I read a lot of books. I watch a lot of television. I prefer to enter the world of the past, where people had servants, wore long dresses and changed clothes in order to have lunch. I like period detective stories also. Anything by a Bronte, Austen, Alcott, or Dickens will do. 

But here’s the thing. I get very confused about what life must have been like back then, when I compare it to my own reality. There are so many elements that are presented in these plots that I really don’t understand. I will share them with you, because I would rather do that than actual research into the relative truth of these very confusing things. Anything beats research.

 First of all, let’s talk wardrobes. I know we are globally warm. So it must have been a lot colder back when Oliver Twist was picking pockets. So how come in the dead of winter, all the women in London just sallied out with a mere shawl thrown over their shoulders? Or, in the case of those women on the moors, a cape? And in most cases that I see, the cape has just one button at the neck, baring the rest of the wearer to the winds? Oliver and the gang just seemed to get by in London’s chill by wearing caps. Good grief. 

Summer? Just the opposite. At Downton Abbey, long dresses with extensive undergarments. Hose. No such thing as sandals. And when they got parched? Hot tea was just the ticket. Everybody seemed to go outside all the time, to eat at wicker tables or on blankets, playing croquet and badminton in all of those clothes. Sidebar: were there no big bugs or bees back then? Those teacakes sat on a silver platter for hours. How come none of those aristocrats swatted at flies? 

And let’s talk tea. In any crisis, whether it’s murder or mayhem, one is offered a cuppa. How does this help? Or water. Sometimes, when a murder has taken place, the coroner or some other official arrives, takes one look at the bystanders, and orders a round of glasses of water for all. Maybe back then, everybody was on the verge of dehydration all the time? 

Beds are extremely confusing. Nobody in these shows sleeps flat. They all prop themselves up with pillows and shams. Then they discuss the murder, the gossip, or the fact that they need to hire a new ladies’ maid. And then, somebody just blows out the candle or turns down the gas. Period. Eyes closed. Sitting up. 

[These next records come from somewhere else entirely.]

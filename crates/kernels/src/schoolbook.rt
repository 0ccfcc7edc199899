ghost use Rattle.std.specs.Prelude.{◌≡◌, ℕ, ◌<◌, length, pos, ◌+ℤ◌};
ghost use Rattle.algebra.specs.Polys.{mul};
ghost use Rattle.algebra.specs.Words.{coeffs, word_of};
ghost use Rattle.kernels.specs.Polynomials.{poly_of};
ghost use Rattle.kernels.specs.Reading.{folded};
ghost use Rattle.kernels.specs.Schoolbook.{brought};

use rings::ring::Ring;

// What X^i brings to place k of the words of a polynomial: past the end the sign turns, since X^N = -1.
fn shifted(ring: &Ring, words: &[u32], i: usize, k: usize) -> u32
    requires long { length words.now ≡ ring.now.degree }
    requires from { i < ring.now.degree }
    requires to { k < ring.now.degree }
    ensures { result ≡ brought ring.now.modulus words.now i k }
{
    let modulus = ring.modulus;
    if k < i {
        modulus - words[words.len() + k - i] % modulus
    } else {
        words[k - i] % modulus
    }
}

// Coefficient k of the product of two polynomials, and `start`.
fn coefficient(ring: &Ring, start: u32, left: &[u32], right: &[u32], k: usize) -> u32
    requires one { length left.now ≡ ring.now.degree }
    requires two { length right.now ≡ ring.now.degree }
    requires place { k < ring.now.degree }
    ensures { result ≡ word_of ring.now.modulus (pos start +ℤ mul (length right.now) (coeffs left.now) (coeffs right.now) k) }
{
    let modulus = ring.modulus as u64;
    let mut sum = start as u64 % modulus;
    for (i, word) in left.iter().enumerate() {
        let term = *word as u64 * shifted(ring, right, i, k) as u64;
        sum = (sum + term) % modulus;
    }
    sum as u32
}

// The product of two polynomials is added to a third, told by the polynomials that the words are.
pub fn fuse(ring: &Ring, acc: &mut [u32], left: &[u32], right: &[u32])
    requires zero { length acc.old ≡ ring.now.degree }
    requires one { length left.now ≡ ring.now.degree }
    requires two { length right.now ≡ ring.now.degree }
    ensures { acc.new ≡ folded poly_of (λ _ p. p) ring.now acc.old left.now right.now }
{
    for (k, word) in acc.iter_mut().enumerate() {
        *word = coefficient(ring, *word, left, right, k);
    }
}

One more thing that always confuses me. Here in the present, we have social media. I can find out what you are doing for lunch by checking Facebook. But in all the period pieces, notes were sent. And some guy in a phaeton was always right there at the curb, ready to rush the note over to the recipient and come right back. Ladies making assignations seemed to get their answers from lovers right away! How could things be that efficient in times when it was horses they relied on? And how were all these people always available to read these notes being sent around town fifty times a day?

Life seemed so much more civilised in these books. I love capes. And tea with cream looks so good–in those transparent china cups. People’s lives were so much more interesting and picturesque. 

I bet the reality was something very different. It certainly isn’t like that now. Why, just yesterday, I happened to be in the ER, waiting for my flu-ish daughter to be treated. Nobody offered me a glass of water. And there wasn’t a teapot in sight.